Cincinnati resident Rebecca Irwin, MSW (Master of Social Work), LSW (Licensed Social Worker) is an Army Veteran. While stationed in Germany, she was reading her emails from home as one of the emails was from her sister.
 

She would read this email and learned that her father has tested positive for the gene that causes Huntington’s disease (HD). This is a fatal genetic disorder that causes the progressive breakdown of nerve cells in the brain. It deteriorates a person’s physical and mental abilities usually during their prime working years and has no cure.

The disease was unknown to the family as Rebecca and her sister learned that they were at risk. Every child of a parent with HD has a 50/50 chance of inheriting the faulty gene that causes HD.
 

“We hang on the words of scientists for a treatment, for a cure, we are so close, closer than ever,” said Rebecca. “We keep hope alive for future generations, that they will have choices, and options and that same hope for the future.”

HD is described as having ALS, Parkinson’s and Alzheimer’s diseases – simultaneously. Symptoms include personality changes, mood swings, depression, forgetfulness, impaired judgement, unsteady gait, involuntary movements, slurred speech, difficulty in swallowing, and significant weight loss.

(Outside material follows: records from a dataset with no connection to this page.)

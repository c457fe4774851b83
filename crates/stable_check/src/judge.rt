//! The verdict on a map, over room that is made once.

ghost use Rattle.std.specs.Prelude.{◌≡◌, ◌↔◌, ℕ, ◌*◌, ◌<◌, length, List, IfOk};
ghost use Rattle.map_model.specs.declared.lines.MapLine.{MapLine};
ghost use Rattle.map_model.specs.Allocation.{IsGood};
ghost use Rattle.stable_check.specs.declared.verdict.Verdict.TheVariants.{Good};
ghost use Rattle.stable_check.specs.Judgement.{Judges, RoomSize};

use crate::lines::first_bad_line;
use crate::scans::{
    first_bad_name, first_blocking, first_over_capacity, first_over_demand, first_over_limit,
};
use crate::tallies::{tally_groups, tally_loads, tally_places, tally_worst};
use crate::verdict::Verdict;
use map_model::{Instance, Key, MapLines, PLACES};
use no_memory::NoMemory;
use std::alloc::Global;
use std::marker::Model;

/// The room that a check of maps takes, for instances of one size.
#[derive(Debug, Drop)]
pub struct CheckRoom {
    totals: Vec<u64>,
    amounts: Vec<u64>,
    loads: Vec<u64>,
    worst: Vec<Option<Key>>,
}

impl Model for CheckRoom {
    ghost use Rattle.std.specs.Prelude.{◌≡◌, ◌*◌, length};
    ghost use Rattle.stable_check.specs.Judgement.{RoomSize};

    ghost Value = { RoomSize };

    ghost view = { λ r. record { groups = length r.totals.items; nodes = length r.loads.items } };

    ghost invariant = { λ r. (length r.amounts.items ≡ 16 * length r.totals.items)
        × (length r.worst.items ≡ length r.loads.items) };
}

impl CheckRoom {
    /// The room for checks of maps for this instance, and for each of as many groups and nodes.
    ///
    /// # Errors
    ///
    /// `NoMemory`.
    pub fn new(alloc: Global, instance: &Instance) -> Result<CheckRoom, NoMemory>
        ensures { IfOk result (λ r. r ≡ record
            { groups = length instance.now.groups; nodes = length instance.now.nodes }) }
    {
        let groups = instance.groups() as usize;
        let nodes = instance.nodes() as usize;
        Ok(CheckRoom {
            totals: vec![in alloc; 0; groups]?,
            amounts: vec![in alloc; 0; PLACES * groups]?,
            loads: vec![in alloc; 0; nodes]?,
            worst: vec![in alloc; None; nodes]?,
        })
    }
}

fn judge(
    instance: &Instance,
    map: &MapLines,
    totals: &mut [u64],
    amounts: &mut [u64],
    loads: &mut [u64],
    worst: &mut [Option<Key>],
) -> Verdict
    ghost held: { List MapLine }
    requires held { map.now.lines.items ≡ held }
    requires totals { length totals.old ≡ length instance.now.groups }
    requires amounts { length amounts.old ≡ 16 * length instance.now.groups }
    requires loads { length loads.old ≡ length instance.now.nodes }
    requires worst { length worst.old ≡ length instance.now.nodes }
    ensures { Judges instance.now map.now.lines.items map.now.names.items result }
{
    // tells the prover what the type keeps
    let _groups = instance.groups();
    let lines = map.lines.as_slice();
    let names = map.names.as_slice();
    if let Some(index) = first_bad_line(instance, lines) {
        return Verdict::BadLine { index };
    }
    tally_groups(lines, totals);
    if let Some(group) = first_over_demand(instance, totals) {
        return Verdict::OverDemand {
            group,
            placed: totals[group.0 as usize],
        };
    }
    tally_places(lines, amounts);
    if let Some(offer) = first_over_limit(instance, amounts) {
        return Verdict::OverLimit {
            group: offer.group,
            place: offer.place,
            amount: amounts[offer.group.0 as usize * PLACES + usize::from(offer.place)],
        };
    }
    tally_loads(instance, lines, loads);
    tally_worst(instance, lines, worst);
    if let Some(node) = first_over_capacity(instance, loads) {
        return Verdict::OverCapacity {
            node,
            load: loads[node.0 as usize],
        };
    }
    if let Some(offer) = first_blocking(instance, amounts, loads, worst) {
        return Verdict::Blocking {
            group: offer.group,
            place: offer.place,
        };
    }
    match first_bad_name(instance, names, amounts, loads, worst) {
        Some(index) => Verdict::BadName { index },
        None => Verdict::Good,
    }
}

/// Whether a map is good for an instance, or which fault it has first.
pub fn check(instance: &Instance, map: &MapLines, room: &mut CheckRoom) -> Verdict
    requires { room.old ≡ record {
      groups = length instance.now.groups;
      nodes = length
          instance.now.nodes;
    } }
    ensures judged { Judges instance.now map.now.lines.items map.now.names.items result }
    ensures good { (result ≡ Good) ↔ IsGood instance.now map.now.lines.items map.now.names.items }
    ensures room { room.new ≡ room.old }
{
    judge(
        instance,
        map,
        room.totals.as_mut_slice(),
        room.amounts.as_mut_slice(),
        room.loads.as_mut_slice(),
        room.worst.as_mut_slice(),
    )
}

Rebecca decided to get tested for HD.

The decision to get genetically tested is difficult to make. Each year, 5-10% are tested. It is never the right or wrong decision to be tested. There are people that see no benefit in knowing that they will develop the disease while others want to know in order to make informed choices about their future. It can take up to several weeks to receive your results from the genetic testing center.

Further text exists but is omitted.